Department of Medical Oncology, VU University Medical Center, 1081 HV Amsterdam, the Netherlands.

出版信息

Br J Cancer. 2007 Mar 26;96(6):937-43. doi: 10.1038/sj.bjc.6603640. Epub 2007 Feb 27.

Abstract

Cardiac damage is the major limiting factor for the clinical use of doxorubicin (DOX). Preclinical studies indicate that inflammatory effects may be involved in DOX-induced cardiotoxicity. Nepsilon-(carboxymethyl) lysine (CML) is suggested to be generated subsequent to oxidative stress, including inflammation. Therefore, the aim of this study was to investigate whether CML increased in the heart after DOX and whether anti-inflammatory agents reduced this effect in addition to their possible protection on DOX-induced cardiotoxicity. These effects were compared with those of the potential cardioprotector 7-monohydroxyethylrutoside (monoHER).BALB/c mice were treated with saline, DOX alone or DOX preceded by ketoprofen (KP), dexamethasone (DEX) or monoHER. Cardiac damage was evaluated according to Billingham. Nepsilon-(carboxymethyl) lysine was quantified immunohistochemically. Compared to saline, a 21.6-fold increase of damaged cardiomyocytes was observed in mice treated with DOX (P<0.001). Addition of KP, DEX or monoHER before DOX significantly reduced the mean ratio of abnormal cardiomyocytes in comparison to mice treated with DOX alone (P<or=0.02). In addition, DOX induced a significant increase in the number of CML-stained intramyocardial vessels per mm2 (P=0.001) and also in the intensity of CML staining (P=0.001) compared with the saline-treated group. Nepsilon-(carboxymethyl) lysine positivity was significantly reduced (P<or=0.01) by DOX-DEX, DOX-KP and DOX-monoHER. These results confirm that inflammation plays a role in DOX-induced cardiotoxicity, which is strengthened by the observed DOX-induced accumulation of CML, which can be reduced by anti-inflammatory agents and monoHER.

摘要

心脏损伤是阿霉素(DOX)临床应用的主要限制因素。临床前研究表明,炎症效应可能参与了DOX诱导的心脏毒性。据推测,Nε-(羧甲基)赖氨酸(CML)是在包括炎症在内的氧化应激之后产生的。因此,本研究的目的是调查DOX处理后心脏中CML是否增加,以及抗炎药除了可能对DOX诱导的心脏毒性具有保护作用外,是否还能减轻这种效应。将这些效应与潜在的心脏保护剂7-单羟基乙基芦丁(monoHER)的效应进行比较。

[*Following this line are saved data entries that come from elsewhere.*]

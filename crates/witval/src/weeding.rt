// The output for invariant sets where those invariants are wanted that hold up together.
ghost use Rattle.std.specs.Prelude.{◌≤◌, IfOk};
ghost use Rattle.std.specs.List.{All};
ghost use Rattle.c_core.specs.View.{program_view};
ghost use Rattle.c_meaning.specs.Placing.{IsInvariant, placed_view};
ghost use Rattle.witval.specs.Weeding.{TellsWeeded, WeedsPlaced, WeedsSets};
ghost use Rattle.witval.specs.inside.Keys.{HasShortKeys};

use crate::keeping::keep;
use crate::output::Output;
use crate::refusal::{refuse_bind, refuse_obligations};
use crate::writing::write_witness;
use c_core::Program;
use c_meaning::{Cause, PlacedInvariant, Verdict};
use std::alloc::Global;
use way_invariants::bind_correctness;
use wv_base::{OutOfMemory, Seq};
use wv_report::Reply;
use wv_schema::Witness;
use wv_weed::{Weeded, weed};

/// The output for a program and invariant sets about it: the witness with the invariants that hold up together, and no
/// others.
pub fn weed_sets(
    alloc: Global,
    program: &Program,
    witness: &Witness,
    conflicts: u64,
) -> Result<Output, OutOfMemory>
    requires keys { HasShortKeys witness.now }
    requires some { 1 ≤ conflicts }
    requires bounded { conflicts ≤ 1000000 }
    ensures { IfOk result (WeedsSets conflicts witness.now program.now) }
{
    match bind_correctness(alloc, witness, program) {
        Ok(invariants) => weed_placed(alloc, program, witness, &invariants, conflicts),
        Err(fault) => Ok(Output::Report(refuse_bind(alloc, fault)?)),
    }
}

/// The same for invariants bound to the program.
fn weed_placed(
    alloc: Global,
    program: &Program,
    witness: &Witness,
    invariants: &Seq<PlacedInvariant>,
    conflicts: u64,
) -> Result<Output, OutOfMemory>
    requires keys { HasShortKeys witness.now }
    requires invariants { All (IsInvariant (program_view program.now)) (placed_view invariants.now) }
    requires some { 1 ≤ conflicts }
    requires bounded { conflicts ≤ 1000000 }
    ensures { IfOk result (WeedsPlaced conflicts witness.now program.now (placed_view invariants.now)) }
{
    match weed(alloc, program, invariants, conflicts) {
        Ok(weeded) => tell_weeded(alloc, witness, weeded, conflicts),
        Err(fault) => Ok(Output::Report(refuse_obligations(alloc, fault)?)),
    }
}

/// The same for what weeding came to: the log that shows a spent budget is not reported.
fn tell_weeded(
    alloc: Global,
    witness: &Witness,
    weeded: Weeded,
    conflicts: u64,
) -> Result<Output, OutOfMemory>
    requires { HasShortKeys witness.now }
    ensures { IfOk result (TellsWeeded conflicts witness.now weeded) }
{
    match weeded {
        Weeded::Kept(numbers) => {
            let kept = keep(alloc, witness, numbers.as_slice())?;
            write_witness(alloc, &kept)
        }
        Weeded::Spent { index, .. } => {
            let cause = Cause::Conflicts {
                index,
                count: conflicts,
            };
            Ok(Output::Report(Reply::Verdict(Verdict::Undecided(cause))))
        }
    }
}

将BALB/c小鼠分别用生理盐水、单独的DOX或先用酮洛芬(KP)、地塞米松(DEX)或monoHER预处理后再给予DOX进行处理。根据比林厄姆标准评估心脏损伤。采用免疫组织化学方法对Nε-(羧甲基)赖氨酸进行定量分析。与生理盐水组相比,DOX处理的小鼠中受损心肌细胞增加了21.6倍(P<0.001)。与单独用DOX处理的小鼠相比,在DOX之前给予KP、DEX或monoHER可显著降低异常心肌细胞的平均比例(P≤0.02)。此外,与生理盐水处理组相比,DOX导致每平方毫米心肌内CML染色血管数量显著增加(P=0.001),CML染色强度也显著增加(P=0.001)。DOX-DEX、DOX-KP和DOX-monoHER可使Nε-(羧甲基)赖氨酸阳性率显著降低(P≤0.01)。这些结果证实炎症在DOX诱导的心脏毒性中起作用,观察到的DOX诱导的CML积累增强了这种作用,而抗炎药和monoHER可降低CML的积累。